DESCRIPTION (provided by applicant): At birth, the concentrations of vitamin A (VA, retinol) in liver and plasma are much lower than in older children and well-fed adults. The VA nutritional requirement of the neonate has only been estimated by determining the amount of VA consumed in breast milk, but the neonate's true metabolic requirement for VA is not known. VA supplementation trials in which a large bolus dose is delivered soon after birth are being conducted in countries where VA deficiency is considered a public health problem to determine if morbidity and mortality are reduced, yet there is no physiological model of VA metabolism to help guide public health professionals and policy makers in deciding if neonates are able to store and retain a large bolus dose of VA. The hypothesis is that VA supplementation vs. placebo, and a combination of VA and its active metabolite retinoic acid (RA), VARA, compared to VA alone, will alter whole-body retinol kinetics in neonates. The aims make use of mathematical modeling to test whether VARA is more effective than VA in directing retinol into specific tissues (lungs, and other organs), and whether maternal postpartum dietary VA alters retinol metabolism in the neonate. The aims also test whether VA and VARA favorably affects the inflammatory response of the lungs caused by oxygen treatment, as is frequently necessary for low birth weight infants. These studies will generate new knowledge on the absorption, storage and utilization of retinol, together with molecular factors and functional outcomes in neonates. The research will be significant for understanding neonatal retinol physiology; VA nutritional requirements; for translation to international and national public health policy decisions; and potentially for translation to improved neonatal intensive care. PUBLIC HEALTH RELEVANCE: Statement The physiological requirement of neonates for vitamin A (VA, retinol) is unknown and no model exists of whole-body retinol metabolism for this age group. We will use isotopic tracer analysis and mathematical modeling to establish a kinetic model of retinol metabolism in neonatal rats, and correlate the results with molecular and functional indicators of lung maturation. The evidence from these studies will help to inform U.S. dietary recommendations for infants, international VA supplementation policy, and clinical treatment of neonatal lung disease.
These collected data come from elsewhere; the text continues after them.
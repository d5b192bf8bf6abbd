// What comes of an envelope that a neighbour brings and may send, whatever the kind of connection.
ghost use Rattle.std.specs.Prelude.{◌≡◌};
ghost use Rattle.envelope.specs.Views.{held as whole_of};
ghost use Rattle.arrival.specs.Arrivals.{outcome, brought};

use arrival_checks::answer::Arrived;
use arrival_checks::fault::ArrivalFault;
use envelope::parts::Envelope;
use ledger::table::Ledger;
use message_arrival::message::take_message;
use message_rows::message::MessageRow;
use relay::relay::Relay;
use routing::row::RouteRow;
use spool::Spool;
use status_arrival::status::take_status;
use status_rows::status::StatusRow;

// `rec` is the record that the envelope was read from: it is what is stored. Neighbour, record and routes stay three parameters:
// each function below looks at one or two of them, and a struct would be taken apart at once. So do the two ledgers: a struct of
// both was tried, and asked more of a caller who has each of them lent.
pub fn bring<S: Spool>(
    relay: &mut Relay<S>,
    neighbour: u8,
    envelope: Envelope<'_>,
    rec: &[u8],
    routes: &[RouteRow],
    messages: &mut Ledger<MessageRow>,
    statuses: &mut Ledger<StatusRow>,
) -> Result<Arrived, ArrivalFault>
    ensures outcome { outcome result relay.new messages.new.rows.now statuses.new.rows.now ≡ brought relay.old neighbour (whole_of envelope.entry) rec.now routes.now messages.old.rows.now statuses.old.rows.now }
    ensures messages_lender { messages.new.rows.ghost_name ≡ messages.old.rows.ghost_name }
    ensures statuses_lender { statuses.new.rows.ghost_name ≡ statuses.old.rows.ghost_name }
{
    if !envelope.is_live(relay.time) {
        return Err(ArrivalFault::NotLive);
    }
    match envelope {
        Envelope::Message(parts) => take_message(relay, neighbour, parts, rec, routes, messages),
        Envelope::Status(code, parts) => {
            take_status(relay, neighbour, code, parts, rec, routes, statuses)
        }
    }
}
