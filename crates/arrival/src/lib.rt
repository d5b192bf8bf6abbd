// What is answered to an envelope that arrives, and what the relay and its ledgers hold afterwards.

#![tactic(auto)]

pub mod arriving;
pub mod bringing;
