// Prints what the image that comes on standard input is: a line for each of its records, or one refusal.
#![tactic(auto)]

use viewing::run;

fn main(rt: HostRuntime) -> anyhow::Result<()> {
    run(rt.alloc(), &mut rt.stdin(), &mut rt.stdout())?;
    Ok(())
}
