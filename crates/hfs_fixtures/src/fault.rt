//! Why there is no volume.
use hfs_format::FormatFault;
use std::alloc::AllocError;
use thiserror::Error;

/// Why a volume was not laid or mounted.
#[derive(Clone, Copy, Debug, PartialEq, Eq, Error)]
pub enum FixtureFault {
    /// The bytes lie outside the image.
    #[error("outside the image")]
    Outside,
    /// No new volume was made.
    #[error("no new volume")]
    Plan,
    /// The image was refused when it was mounted.
    #[error("the image isn't sound")]
    Unsound,
    /// Memory was refused.
    #[error("out of memory")]
    Memory,
}

impl From<AllocError> for FixtureFault {
    fn from(_refused: AllocError) -> FixtureFault {
        FixtureFault::Memory
    }
}

impl From<FormatFault> for FixtureFault {
    fn from(fault: FormatFault) -> FixtureFault {
        match fault {
            FormatFault::BadName
            | FormatFault::BadSize
            | FormatFault::BadNodes
            | FormatFault::NoRoom => FixtureFault::Plan,
            FormatFault::Memory => FixtureFault::Memory,
        }
    }
}
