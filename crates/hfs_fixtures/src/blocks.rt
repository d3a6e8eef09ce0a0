//! Blocks of an image.
use crate::fault::FixtureFault;

/// Writes bytes into a block of an image from byte `at` on. An error if the block isn't that long, or doesn't exist.
pub fn lay(image: &mut [u8], block: usize, at: usize, bytes: &[u8]) -> Result<(), FixtureFault> {
    if block >= 65_536 || at >= 512 || bytes.len() > 512 - at {
        return Err(FixtureFault::Outside);
    }
    let start = 512 * block + at;
    if start > image.len() || bytes.len() > image.len() - start {
        return Err(FixtureFault::Outside);
    }
    let end = start + bytes.len();
    image[start..end].copy_from_slice(bytes);
    Ok(())
}
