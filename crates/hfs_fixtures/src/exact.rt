//! Whether a tree's index keys are exact.

use crate::node_table::NodeTable;
use hfs_btree::{Key, NodeKind, Nodes, view};

/// The first key of a leaf or an index node.
fn first_key<K: Key>(bytes: &[u8; 512]) -> Option<K> {
    let Ok(node) = view(bytes) else {
        return None;
    };
    if node.is_empty() {
        return None;
    }
    let entry = node.record(0);
    match node.kind() {
        NodeKind::Leaf => match K::read_leaf(entry) {
            Some((key, _start)) => Some(key),
            None => None,
        },
        NodeKind::Index | NodeKind::Header | NodeKind::Map => match K::read_index(entry) {
            Some((key, _child)) => Some(key),
            None => None,
        },
    }
}

/// Whether each key of an index node is equal in order to its child's first key; true for any other node.
fn has_first_keys<K: Key>(nodes: &NodeTable, bytes: &[u8; 512]) -> bool {
    let Ok(node) = view(bytes) else {
        return true;
    };
    if node.kind() != NodeKind::Index {
        return true;
    }
    let mut below = [0; 512];
    for i in 0..node.len() {
        let Some((key, child)) = K::read_index(node.record(i)) else {
            return false;
        };
        if child >= nodes.count() {
            return false;
        }
        nodes.read(child, &mut below);
        let Some(first) = first_key::<K>(&below) else {
            return false;
        };
        if !key.compare(&first).is_eq() {
            return false;
        }
    }
    true
}

/// Whether each key of each index node is equal in order to its child's first key. Nodes of zeros are skipped.
pub fn is_exact<K: Key>(nodes: &NodeTable) -> bool {
    let mut bytes = [0; 512];
    for n in 1..nodes.count() {
        nodes.read(n, &mut bytes);
        if !has_first_keys::<K>(nodes, &bytes) {
            return false;
        }
    }
    true
}
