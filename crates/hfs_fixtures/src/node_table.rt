//! Nodes in memory that can be written.

ghost use Rattle.std.specs.Prelude.{◌≡◌, ◌*◌, ◌<◌, ◌^◌};
ghost use Rattle.std.specs.Vec.{vec_len};

use hfs_btree::Nodes;
use hfs_btree_edits::NodesMut;
use std::alloc::{AllocError, Global};

/// Nodes in memory, one after the other.
#[derive(Drop)]
pub struct NodeTable {
    pub nodes: Vec<[u8; 512]>,
    ghost few: { vec_len nodes < 2 ^ 23 },
}

impl NodeTable {
    /// A copy of these nodes; None if there are too many.
    pub fn of_nodes(alloc: Global, nodes: &[[u8; 512]]) -> Result<Option<NodeTable>, AllocError> {
        let nodes = Vec::from_slice(alloc, nodes)?;
        if nodes.len() < 8_388_608 {
            Ok(Some(NodeTable { nodes }))
        } else {
            Ok(None)
        }
    }

    /// How many bytes the nodes have.
    pub fn size(&self) -> u32
        ensures { result ≡ 512 * vec_len self.now.nodes }
    {
        self.nodes.len() as u32 * 512
    }
}

impl Nodes for NodeTable {
    ghost nodes = { λ s. s.nodes.items };

    fn count(&self) -> u32 {
        self.nodes.len() as u32
    }

    fn read(&self, n: u32, into: &mut [u8; 512]) {
        *into = self.nodes[n as usize];
    }
}

impl NodesMut for NodeTable {
    ghost Kept = { Unit {0} };

    ghost kept = { λ s. tt };

    fn write(&mut self, n: u32, from: &[u8; 512]) -> Result<(), AllocError> {
        self.nodes[n as usize] = *from;
        Ok(())
    }
}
描述（由申请人提供）：出生时，肝脏和血浆中维生素 A（VA、视黄醇）的浓度远低于年龄较大的儿童和营养良好的成年人。新生儿的VA营养需求仅通过确定母乳中VA的消耗量来估计，但新生儿对VA的真实代谢需求尚不清楚。在 VA 缺乏被视为公共卫生问题的国家，正在进行 VA 补充试验，以确定发病率和死亡率是否降低，但尚无 VA 代谢的生理模型来帮助指导公众。卫生专业人员和政策制定者决定新生儿是否能够储存和保留大剂量的 VA。假设与单独使用 VA 相比，补充 VA 与安慰剂，以及 VA 及其活性代谢物视黄酸 (RA)、VARA 的组合，将改变新生儿的全身视黄醇动力学。目的是利用数学模型来测试 VARA 是否比 VA 更有效地将视黄醇引导到特定组织（肺和其他器官），以及母亲产后饮食 VA 是否会改变新生儿的视黄醇代谢。目的还测试 VA 和 VARA 是否对氧气治疗引起的肺部炎症反应产生有利影响，这对于低出生体重婴儿来说通常是必需的。这些研究将产生关于视黄醇的吸收、储存和利用，以及新生儿的分子因素和功能结果的新知识。该研究对于了解新生儿视黄醇生理学具有重要意义； VA 营养需求；转化为国际和国家公共卫生政策决定；并有可能转化为改善新生儿重症监护。 公共卫生相关性：声明 新生儿对维生素 A（VA、视黄醇）的生理需求尚不清楚，并且不存在该年龄组的全身视黄醇代谢模型。我们将利用同位素示踪分析和数学模型建立新生大鼠视黄醇代谢的动力学模型，并将结果与​​肺成熟的分子和功能指标相关联。这些研究的证据将有助于为美国婴儿饮食建议、国际 VA 补充剂政策以及新生儿肺病的临床治疗提供信息。